For those who get a little bit of jelly in their legs, however, the bridge widens out into allocated viewing areas at certain points, helping the flow of nervous traffic. Because seemingly floating above a 200m drop is not somewhere you want to run into traffic.
With one half-filled with natural light and the other windowless, The Twist is a bridge, gallery and sculpture twisted into one, with views of the dramatic Norwegian forest. Photos: Laurian Ghinitoiu
With one half-filled with natural light and the other windowless, The Twist is a bridge, gallery and sculpture twisted into one, with views of the dramatic Norwegian forest. Photos: Laurian Ghinitoiu
×The Twist by BIG / Bjarke Ingels Group
Jevnaker, Norway
At 200m high, the 526m-long glass suspension bridge in Lianzhou gives ample opportunity to see up and down – and directly at – the river. While the topography over in Norway may not share the same depth, the visuals are no less dramatic. Kistefos is an internationally-renowned art museum and sculpture park in an area of forestry around the wild Rostevlna River.
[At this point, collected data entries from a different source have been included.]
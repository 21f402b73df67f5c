// What counts and tests of numbers mean.
ghost use Rattle.base.specs.CountLaws.{AnyHasWitness, SubsetCountsNoMore, NestedAreSame};

/// Of the numbers below any n: a test passes somewhere exactly if a number that passes can be named; a subset counts no more; and nested sets of
/// equal count are equal.
pub fn counts_laws()
    ensures any { AnyHasWitness }
    ensures subset { SubsetCountsNoMore }
    ensures nested { NestedAreSame }
{}
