// What a refused call gives back.
ghost use Rattle.std.specs.Prelude.{◌≡◌};

use super::refusal::Refusal;

/// A value that was handed to a call which refused, given back, and why it was refused. `?` goes on with the fault alone, where the value may be
/// let go.
#[derive(Clone, Copy, Debug, PartialEq, Eq)]
pub struct Refused<T, E> {
    /// What was handed to the call, as the call's contract says it is left.
    pub value: T,
    /// Why the call was refused.
    pub fault: E,
}

/// The refusal alone: the value is let go.
impl<T: Drop> From<Refused<T, Refusal>> for Refusal {
    ghost from_gives = { λ refused r. r ≡ refused.fault };

    fn from(refused: Refused<T, Refusal>) -> Refusal {
        refused.fault
    }
}
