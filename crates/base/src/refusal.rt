// Why a call was refused.
ghost use Rattle.std.specs.Prelude.{◌≡◌, Some};
ghost use Rattle.base.specs.Refusals.{number_of, word_of, refusal_text};

use std::error::Error;
use std::fmt;

/// Why a call was refused: each reason has a number, from 1, and a word. Every refusing call of every layer gives one of these, alone or inside
/// a fault.
#[derive(Clone, Copy, Debug, PartialEq, Eq)]
pub enum Refusal {
    /// 1, "short": the bytes end too soon.
    Short = 1,
    /// 2, "wide": the number is too large.
    Wide = 2,
    /// 3, "padded": a number begins with an empty group, 80 (hex).
    Padded = 3,
    /// 4, "surplus": bytes follow the last field.
    Surplus = 4,
    /// 5, "stranger": a box number is not below n.
    Stranger = 5,
    /// 6, "off beat": the frame is of another round.
    OffBeat = 6,
    /// 7, "heard": this sender was heard in this round.
    Heard = 7,
    /// 8, "set": a set has a bit that it may not have.
    Set = 8,
    /// 9, "image": no proposal has this image.
    Image = 9,
    /// 10, "tally": too many boxes are missing, or one that was heard is told missing.
    Tally = 10,
    /// 11, "company": n or t is outside its limits.
    Company = 11,
    /// 12, "row": the row does not belong to this ringing as it stands, or there are not as many places as are needed.
    Row = 12,
    /// 13, "wire": the wire does not fit a new ringing.
    Wire = 13,
    /// 14, "down": the box is down, falling or missing.
    Down = 14,
    /// 15, "spent": t falls were accepted.
    Spent = 15,
    /// 16, "over": a box of the row rings.
    Over = 16,
    /// 17, "silent": the box, or the ringing, does not ring.
    Silent = 17,
    /// 18, "order": the strike order was drawn already, or is not out.
    Order = 18,
    /// 19, "narrow": too few bytes are given, or a frame to post is empty or too long.
    Narrow = 19,
    /// 20, "posted": the box has posted in this round.
    Posted = 20,
    /// 21, "entry": a script has more entries than t, or one of a round or of a box that it may not have.
    Entry = 21,
}

impl Refusal {
    /// The number of the refusal, from 1 to 21.
    pub fn number(self) -> u8
        ensures { result ≡ number_of self }
    {
        self as u8
    }

    /// The word of the refusal, in small letters.
    pub fn word(self) -> &'static str
        ensures { result.now ≡ word_of self }
    {
        match self {
            Refusal::Short => "short",
            Refusal::Wide => "wide",
            Refusal::Padded => "padded",
            Refusal::Surplus => "surplus",
            Refusal::Stranger => "stranger",
            Refusal::OffBeat => "off beat",
            Refusal::Heard => "heard",
            Refusal::Set => "set",
            Refusal::Image => "image",
            Refusal::Tally => "tally",
            Refusal::Company => "company",
            Refusal::Row => "row",
            Refusal::Wire => "wire",
            Refusal::Down => "down",
            Refusal::Spent => "spent",
            Refusal::Over => "over",
            Refusal::Silent => "silent",
            Refusal::Order => "order",
            Refusal::Narrow => "narrow",
            Refusal::Posted => "posted",
            Refusal::Entry => "entry",
        }
    }
}

/// The number in decimal and the word, with a space between, as in `19 narrow`.
impl fmt::Display for Refusal {
    ghost output = { λ e. Some (refusal_text e) };

    fn fmt<W: fmt::Write>(&self, f: &mut fmt::Formatter<W>) -> fmt::Result {
        write!(f, "{} {}", self.number(), self.word())
    }
}

impl Error for Refusal {}
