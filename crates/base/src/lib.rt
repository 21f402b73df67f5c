//! What every layer stands on: why a call may be refused, and the struct in which a refused call gives back what it was handed.
#![tactic(auto)]

mod laws;
mod refusal;
mod refused;

pub use laws::counts_laws;
pub use refusal::Refusal;
pub use refused::Refused;
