// The public calls on an MFS volume. An image is a lent slice of blocks, and m says where its volume is: the superblock's block,
// and the code of the block size. A code that is not known is refused by 2 before the refusals that stand with each call.
// No call requires anything: every image gets the one answer that the rules give it, and a refusal changes nothing.
// Each call is one of call_volume, call_room, call_read, call_change or call_patch under the name that callers know, with the
// same contract.
#![tactic(auto)]

ghost use Rattle.model.specs.Geometry.{mount};
ghost use Rattle.call_read.specs.Reading.{Opens, Informs, Lists, Reads};
ghost use Rattle.call_room.specs.Room.{Asks};
ghost use Rattle.handle.specs.Post.{SoughtIs};
ghost use Rattle.call_change.specs.Changing.{CreatesFile, CreatesDir, Deletes, Writes};
ghost use Rattle.call_patch.specs.Patches.{Patches};
ghost use Rattle.call_volume.specs.Checking.{Checks};
ghost use Rattle.call_volume.specs.Format.{Formats, Uses};

use bitmap_room::Told;
use call_read::{InfoOut, OpenOut};
use call_volume::Space;
use handle::{CountedOut, Handle, SeekFrom, Sought};
use limits::Refusal;
use read_dir::Listed;
use super_block::Mount;

// Makes the whole image a volume with an empty root directory. Refusals: 1, 3.
pub fn format(img: &mut [u8], m: Mount) -> Result<(), Refusal>
    ensures { Formats (mount m.k m.code) img.old result img.new }
{
    call_volume::format(img, m)
}

// How much of the volume is used. Refusals: 1, 2, 3, 17.
pub fn usage(img: &[u8], m: Mount) -> Result<Space, Refusal>
    ensures { Uses (mount m.k m.code) img.now result }
{
    call_volume::usage(img, m)
}

// Whether so many blocks are free within reach, and how many bytes of the bitmap were read to tell. Refusals: 1, 2, 3.
pub fn room(img: &[u8], m: Mount, count: u32) -> Result<Told, Refusal>
    ensures { Asks (mount m.k m.code) img.now count result }
{
    call_room::room(img, m, count)
}

// Whether the image is a well-formed volume, W1 to W5. One bit a block is marked in the work buffer, and is zero again
// afterwards. Refusals: 1, 2, 3, 16, 17.
pub fn check(img: &[u8], m: Mount, work: &mut [u8]) -> Result<(), Refusal>
    ensures { Checks (mount m.k m.code) img.now work.old result work.new }
{
    call_volume::check(img, m, work)
}

// Opens the file at a path. Refusals: 1, 2, 3, 4, 5, 6, 17, 10.
pub fn open(img: &[u8], m: Mount, cwd: &[u8], path: &[u8]) -> OpenOut
    ensures { Opens (mount m.k m.code) img.now cwd.now path.now result }
{
    call_read::open(img, m, cwd, path)
}

// Kind, size, time and name of what stands at a path. Refusals: 1, 2, 3, 4, 5, 6, 17.
pub fn info(img: &[u8], m: Mount, cwd: &[u8], path: &[u8]) -> InfoOut
    ensures { Informs (mount m.k m.code) img.now cwd.now path.now result }
{
    call_read::info(img, m, cwd, path)
}

// Lists the directory at a path from entry number i on, into buf. Refusals: 1, 2, 3, 4, 5, 6, 17.
pub fn list(
    img: &[u8],
    m: Mount,
    cwd: &[u8],
    path: &[u8],
    i: u32,
    buf: &mut [u8],
) -> Result<Listed, Refusal>
    ensures { Lists (mount m.k m.code) img.now cwd.now path.now i buf.old result
        buf.new }
{
    call_read::list(img, m, cwd, path, i, buf)
}

// Reads from the handle's position on into buf. Refusals: 1, 2, 3, 11, 17; a refused read hands back the very handle.
pub fn read(img: &[u8], m: Mount, handle: Handle, buf: &mut [u8]) -> CountedOut
    ensures { Reads (mount m.k m.code) img.now handle buf.old buf.new result }
{
    call_read::read(img, m, handle, buf)
}

// Moves the handle's position. Refusals: 11, 12; a refused seek hands back the very handle.
pub fn seek(handle: Handle, from: SeekFrom) -> Sought
    ensures { SoughtIs handle from result }
{
    call_read::seek(handle, from)
}

// Creates a file of 0 bytes at a path, and opens it. Refusals: 1, 2, 3, 16, 17, 4, 8, 5, 6, 7, 9.
pub fn create_file(
    img: &mut [u8],
    m: Mount,
    cwd: &[u8],
    path: &[u8],
    time: u64,
    work: &mut [u8],
) -> OpenOut
    ensures { CreatesFile (mount m.k m.code) img.old work.old cwd.now
        path.now time result img.new work.new }
{
    call_change::create_file(img, m, cwd, path, time, work)
}

// Creates an empty directory at a path. Refusals: 1, 2, 3, 16, 17, 4, 8, 5, 6, 15, 7, 9.
pub fn create_dir(
    img: &mut [u8],
    m: Mount,
    cwd: &[u8],
    path: &[u8],
    time: u64,
    work: &mut [u8],
) -> Result<(), Refusal>
    ensures { CreatesDir (mount m.k m.code) img.old work.old cwd.now
        path.now time result img.new work.new }
{
    call_change::create_dir(img, m, cwd, path, time, work)
}

// Deletes the file, the device or the empty directory at a path. Refusals: 1, 2, 3, 16, 17, 4, 5, 6, 14.
pub fn delete(
    img: &mut [u8],
    m: Mount,
    cwd: &[u8],
    path: &[u8],
    time: u64,
    work: &mut [u8],
) -> Result<(), Refusal>
    ensures { Deletes (mount m.k m.code) img.old work.old cwd.now path.now time result
        img.new work.new }
{
    call_change::delete(img, m, cwd, path, time, work)
}

// Writes buf at the handle's position; the file ends there. Refusals: 1, 2, 3, 16, 17, 13, 11, 10, 9; a refused write hands back
// the very handle.
pub fn write(
    img: &mut [u8],
    m: Mount,
    handle: Handle,
    buf: &[u8],
    time: u64,
    work: &mut [u8],
) -> CountedOut
    ensures { Writes (mount m.k m.code) img.old work.old handle buf.now time result
        img.new work.new }
{
    call_change::write(img, m, handle, buf, time, work)
}

// Puts buf over the file's bytes from the handle's position on; the file keeps its size. Refusals: 1, 2, 3, 16, 17, 13, 11, 19; a
// refused patch hands back the very handle.
pub fn patch(
    img: &mut [u8],
    m: Mount,
    handle: Handle,
    buf: &[u8],
    time: u64,
    work: &mut [u8],
) -> CountedOut
    ensures { Patches (mount m.k m.code) img.old work.old handle buf.now time result
        img.new work.new }
{
    call_patch::patch(img, m, handle, buf, time, work)
}
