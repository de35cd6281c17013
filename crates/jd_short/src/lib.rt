//! Shorter routines that a judge agrees with: pieces of a routine are replaced by the table of
//! `jd_pieces`, one after another, as long as the judge shows that the routine still agrees with the
//! source from every allowed start. The answer has a certificate, and for each piece that stays the
//! judge's reason.
//!
//! - `shorten` a problem's first routine, which answers `Shortened`
#![tactic(auto)]

mod differences;
mod judgements;
mod pairs;
mod refusals;
mod rounds;
mod shortenings;

pub use jd_pieces::Candidate;
pub use pairs::paired;
pub use refusals::{Refusal, Refusals};
pub use rounds::{Shortened, shorten};
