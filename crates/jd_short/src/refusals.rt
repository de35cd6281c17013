//! Why pieces stay: each place and row with the judge's answer.
ghost use Rattle.std.specs.Prelude.{◌≡◌, ◌∷◌, ◌++◌, [], length, IfOk, OnErr, OnOk};

use hp_io::NoMemory;
use jd_judge::Judged;
use std::alloc::Global;

/// A piece that stays.
#[derive(Drop)]
pub struct Refusal {
    /// The line at which it begins, counted from 1.
    pub place: u16,
    /// The number of the table's row.
    pub row: u8,
    /// What the judge says of the routine without the piece. It is never Equal.
    pub answer: Judged,
}

/// Refusals in order of place and then row.
#[derive(Drop)]
pub struct Refusals {
    pub refusals: Vec<Refusal>,
}

impl Refusals {
    /// No refusals.
    pub(crate) fn new(alloc: Global) -> Refusals
        ensures { result.refusals.items ≡ [] }
    {
        Refusals {
            refusals: Vec::new(alloc),
        }
    }

    /// How many there are.
    pub fn len(&self) -> usize
        ensures { result ≡ length self.now.refusals.items }
    {
        self.refusals.len()
    }

    /// The refusals as a slice.
    pub fn as_slice(&self) -> &[Refusal]
        ensures { result.now ≡ self.now.refusals.items }
    {
        self.refusals.as_slice()
    }

    /// Puts a refusal at the end. After NoMemory the list is as before.
    pub(crate) fn push(&mut self, refusal: Refusal) -> Result<(), NoMemory>
        ensures pushed { OnOk result (self.new.refusals.items ≡ self.old.refusals.items ++ refusal ∷ []) }
        ensures unchanged { OnErr result (self.new.refusals.items ≡ self.old.refusals.items) }
    {
        match self.refusals.push(refusal) {
            Ok(()) => Ok(()),
            Err(_) => Err(NoMemory),
        }
    }

    /// These refusals and then others.
    pub(crate) fn followed_by(self, later: Refusals) -> Result<Refusals, NoMemory>
        ensures { IfOk result (λ all. all.refusals.items ≡ self.refusals.items ++ later.refusals.items) }
    {
        let mut refusals = self.refusals;
        let mut more = later.refusals;
        match refusals.append(&mut more) {
            Ok(()) => Ok(Refusals { refusals }),
            Err(_) => Err(NoMemory),
        }
    }
}
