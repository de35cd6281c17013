//! Whether a routine agrees with the source. A start that told another routine apart is tried before
//! the judge is asked.
ghost use Rattle.std.specs.Prelude.{◌≡◌, false, IfOk, IfErr};
ghost use Rattle.jd_model.specs.Seen.{agree};
ghost use Rattle.jd_problem.specs.Problems.{problem_of};
ghost use Rattle.jd_judge.specs.Judging.{IsJudged, IsEqual};
ghost use Rattle.jd_judge.specs.Laws.{is_equal};
ghost use Rattle.jd_short.specs.Pairs.{pair};

use crate::differences::{copy_of, first_difference};
use crate::pairs::paired;
use crate::shortenings::Agreed;
use hp_asm::Routine;
use hp_io::NoMemory;
use jd_judge::{Judged, judge};
use jd_problem::Problem;
use jd_rules::RuleSet;
use jd_start::Start;
use std::alloc::Global;

/// What the judge says of a problem. It isn't asked where a known start tells the routines apart. A
/// start that it finds is known from then on.
fn judged(
    alloc: Global,
    problem: &Problem,
    known: &mut Vec<Start>,
    rules: &RuleSet,
) -> Result<Judged, NoMemory>
    ensures { IfOk result (IsJudged (problem_of problem.now)) }
{
    if let Some(start) = first_difference(problem, known) {
        return Ok(Judged::Different(start));
    }
    let judged = judge(alloc, problem, rules)?;
    if let Judged::Different(start) = &judged {
        known.push(copy_of(start))?;
    }
    Ok(judged)
}

/// A certificate that a routine agrees with the source, or the judge's other answer.
pub fn agreed(
    alloc: Global,
    problem: &Problem,
    routine: Routine,
    known: &mut Vec<Start>,
    rules: &RuleSet,
) -> Result<Result<Agreed, Judged>, NoMemory>
    ensures routine { IfOk result (λ found. IfOk found (λ agreed. agreed.routine ≡ routine)) }
    ensures equal { IfOk result (λ found. IfOk found
        (λ agreed. IsEqual (pair (problem_of problem.now) routine) (agree (pair (problem_of problem.now) routine)) agreed.book agreed.cert)) }
    ensures other { IfOk result (λ found. IfErr found (λ judged. is_equal judged ≡ false)) }
    ensures judged { IfOk result (λ found. IfErr found
        (λ judged. IsJudged (pair (problem_of problem.now) routine) judged)) }
{
    match judged(alloc, &paired(problem, &routine), known, rules)? {
        Judged::Equal(book, cert) => Ok(Ok(Agreed {
            routine,
            book,
            cert,
        })),
        Judged::Different(start) => Ok(Err(Judged::Different(start))),
        Judged::Unknown(leaf, log) => Ok(Err(Judged::Unknown(leaf, log))),
        Judged::TooManyPaths(starts) => Ok(Err(Judged::TooManyPaths(starts))),
    }
}
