//! Starts from which some routine was told apart from the source. A routine that differs by one piece
//! more mostly differs from the same starts, and two runs from a start are quick where a judgement is
//! slow.
ghost use Rattle.std.specs.Prelude.{◌≡◌, false, All, IfNone, IfSome};
ghost use Rattle.jd_books.specs.Outcomes.{IsDifference};
ghost use Rattle.jd_problem.specs.Problems.{problem_of};
ghost use Rattle.jd_start.specs.Starts.{start_data};
ghost use Rattle.jd_short.specs.Differences.{is_difference};

use jd_problem::Problem;
use jd_replay::{agree, replay};
use jd_start::{Nibbles, Start};

/// A start that is the same.
pub fn copy_of(start: &Start) -> Start
    ensures { start_data result ≡ start_data start.now }
{
    let mut nibbles = Nibbles::new();
    for nibble in start.nibbles.as_slice() {
        nibbles.push(*nibble);
    }
    Start {
        content: start.content,
        nibbles,
    }
}

/// Whether a problem allows a start and its routines don't agree from it.
fn is_difference(problem: &Problem, start: &Start) -> bool
    ensures { result ≡ is_difference (problem_of problem.now) (start_data start.now) }
{
    if !problem.allows(start) {
        return false;
    }
    let (first, second) = replay(problem, start);
    !agree(problem, &first, &second)
}

/// A copy of the first start that a problem allows and from which its routines don't agree.
pub fn first_difference(problem: &Problem, starts: &[Start]) -> Option<Start>
    ensures differs { IfSome result (λ start. IsDifference (problem_of problem.now) (start_data start)) }
    ensures none { IfNone result
        (All (λ start. is_difference (problem_of problem.now) (start_data start) ≡ false) starts.now) }
{
    for start in starts {
        if is_difference(problem, start) {
            return Some(copy_of(start));
        }
    }
    None
}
The park boasts works from artists such as Anish Kapoor, Tony Cragg and Yayoi Kusama, but BIG / Bjarke Ingels Group’s The Twist bridge might be the most mind-bending of the lot.
The bridge allows visitors to experience the artwork of its construction from inside its utility
The bridge allows visitors to experience the artwork of its construction from inside its utility. The bridge-come-exhibition space format provides a naturally-lit gallery at one end, served by floor-to-ceiling windows where rolling mists are seen making their way through the forest, and a dark gallery at the other. In between the two, is a transformative section where the interior walls are included in its twisted nature.
The butterfly-shaped Century Pavilion lines stepped walkways atop its floral canopy (top), from where ecological installations can be viewed (middle), accessible via rippled bridge. Photos: Wenyi Liu
The butterfly-shaped Century Pavilion lines stepped walkways atop its floral canopy (top), from where ecological installations can be viewed (middle), accessible via rippled bridge. Photos: Wenyi Liu
×Century ‘Butterfly’ Pavilion by Ecadi
Shanghai, China
Shanghai is one of the densest and most populous cities in the world, but to the North side of Dongping National Forest Park on the city’s ecologically-devoted Chongming Island, hides the butterfly-inspired, -shaped and -friendly, Century Pavilion. Patiently camouflaged in the centre of a green island that's devoted to allowing nature to retain its place amongst urban zones, the pavilion covers ecological installations with an arched cover of floral-wrapped walkways, giving butterflies and other winged wildlife a new place to call home.